To freeze foods safely, you need to make sure that your freezer temperature is zero degrees Fahrenheit or lower. Use a freezer thermometer to check the temperature. Foods that are to be frozen need to be cooled quickly to keep ice crystals as small as possible. Rather than freezing one large, deep casserole, divide it into two smaller, shallow casseroles, cool quickly in the refrigerator, then wrap tightly and freeze. Using packaging meant specifically for the freezer is important to avoid freezer burn. Freezer burn is actually dehydration; the food loses moisture when not properly wrapped. The food isn't unsafe to eat, just not appetizing. You can cut away small amounts of freezer burn if most of the food is unaffected.

To reheat foods, you can bake in the oven at 350 degrees, reheat on the stovetop on medium low heat, or cook in the microwave oven at 60-70% power. Foods generally need 1/3 to 1/2 more cooking or baking time than the original recipe called for. To reheat on the stovetop, add a few tablespoons of liquid to the frozen food and heat with the cover on, stirring occasionally. Baked goods can stand at room temperature, in the freezer wrapping, until thawed. You can thaw entrees, soups, and appetizers in the refrigerator (NEVER at room temperature) before reheating if you like.

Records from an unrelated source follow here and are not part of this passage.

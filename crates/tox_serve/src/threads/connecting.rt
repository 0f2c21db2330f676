//! Connecting the upstream of a link. The connect doesn't wait in the system, so that a run that is stopping gives it up.
use crate::deadline::Deadline;
use crate::link::break_reason::BreakReason;
use crate::link::look_up::look_up;
use crate::link::reached::Reached;
use crate::proxy::accepting::is_lack;
use crate::run::ServeRun;
use crate::runtime::ServeRuntime;
use mio::net::TcpStream as BegunStream;
use std::io::ErrorKind;
use std::net::{SocketAddr, TcpStream};
use std::os::fd::AsRawFd;
use std::time::Clock;
use tox_sockets::{Connection, can_write, connection_of};

/// How long an answer is waited for at a time, in milliseconds.
const TURN: i32 = 50;

/// The socket of an upstream, or why there is none: a run that is stopping reaches none either. Each address of its name is tried
/// in turn.
pub(crate) fn connect<R: ServeRuntime>(
    rt: &R,
    run: &ServeRun<'_>,
    upstream: &str,
) -> Result<Reached, BreakReason> {
    let mut reason = BreakReason::Name;
    for address in look_up(rt, run, upstream)? {
        match connect_to(rt, run, address) {
            Ok(reached) => return Ok(reached),
            Err(kind) => reason = BreakReason::Upstream(kind),
        }
    }
    Err(reason)
}

/// The socket of an address, or why there is none.
fn connect_to<R: ServeRuntime>(
    rt: &R,
    run: &ServeRun<'_>,
    address: SocketAddr,
) -> Result<Reached, ErrorKind> {
    let server = begin_connect(rt, run, address)?;
    if !has_answered(rt, run, &server) {
        return Err(ErrorKind::TimedOut);
    }
    let was_reset = match connection_of(&server) {
        Connection::There => false,
        Connection::WasReset => true,
        Connection::Coming => return Err(ErrorKind::TimedOut),
        Connection::Refused(kind) => return Err(kind),
    };
    match server.set_nonblocking(false) {
        Ok(()) => Ok(Reached { server, was_reset }),
        Err(error) => Err(error.kind()),
    }
}

/// Begins a connect, once there is a descriptor for it. An error if it can't begin, or the run is stopping.
fn begin_connect<R: ServeRuntime>(
    rt: &R,
    run: &ServeRun<'_>,
    address: SocketAddr,
) -> Result<TcpStream, ErrorKind> {
    let mut lack = None;
    for _ in rt.forever() {
        if run.live.is_stopping(rt) {
            return Err(ErrorKind::Interrupted);
        }
        match BegunStream::connect(rt, address) {
            Ok(begun) => return Ok(TcpStream::from(begun)),
            Err(error) if is_lack(&error) => {
                lack = Some(run.descriptors.wait(rt, lack));
            }
            Err(error) => return Err(error.kind()),
        }
    }
    unreachable!()
}

/// Whether a connect that has begun ends, well or not, before `--connect-timeout` is over or the run is stopping.
fn has_answered<R: ServeRuntime>(rt: &R, run: &ServeRun<'_>, stream: &TcpStream) -> bool {
    let deadline = match run.options.connect_timeout {
        Some(millis) => Some(Deadline::after(rt, millis)),
        None => None,
    };
    for _ in rt.forever() {
        let turn = turn_before(rt, deadline);
        if can_write(stream.as_raw_fd(), turn) {
            return true;
        }
        if turn == 0 || run.live.is_stopping(rt) {
            return false;
        }
    }
    unreachable!()
}

/// How long an answer is waited for next, in milliseconds: a turn, or what is left before a deadline. 0 once it has passed.
fn turn_before<R: Clock>(rt: &R, deadline: Option<Deadline>) -> i32 {
    match deadline {
        Some(deadline) => deadline.left_millis(rt).min(TURN),
        None => TURN,
    }
}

And make sure to clearly mark each package with the recipe name, reheating instructions, and the date. Keep a running total of what's in your freezer and rotate foods often. I also choose this time of year to clean out my freezer and defrost it if necessary. Throw out anything that is more than one year old and anything that is not carefully wrapped. Then stock up on freezer wraps, containers, tapes, ziplock bags, and markers and let's start cooking!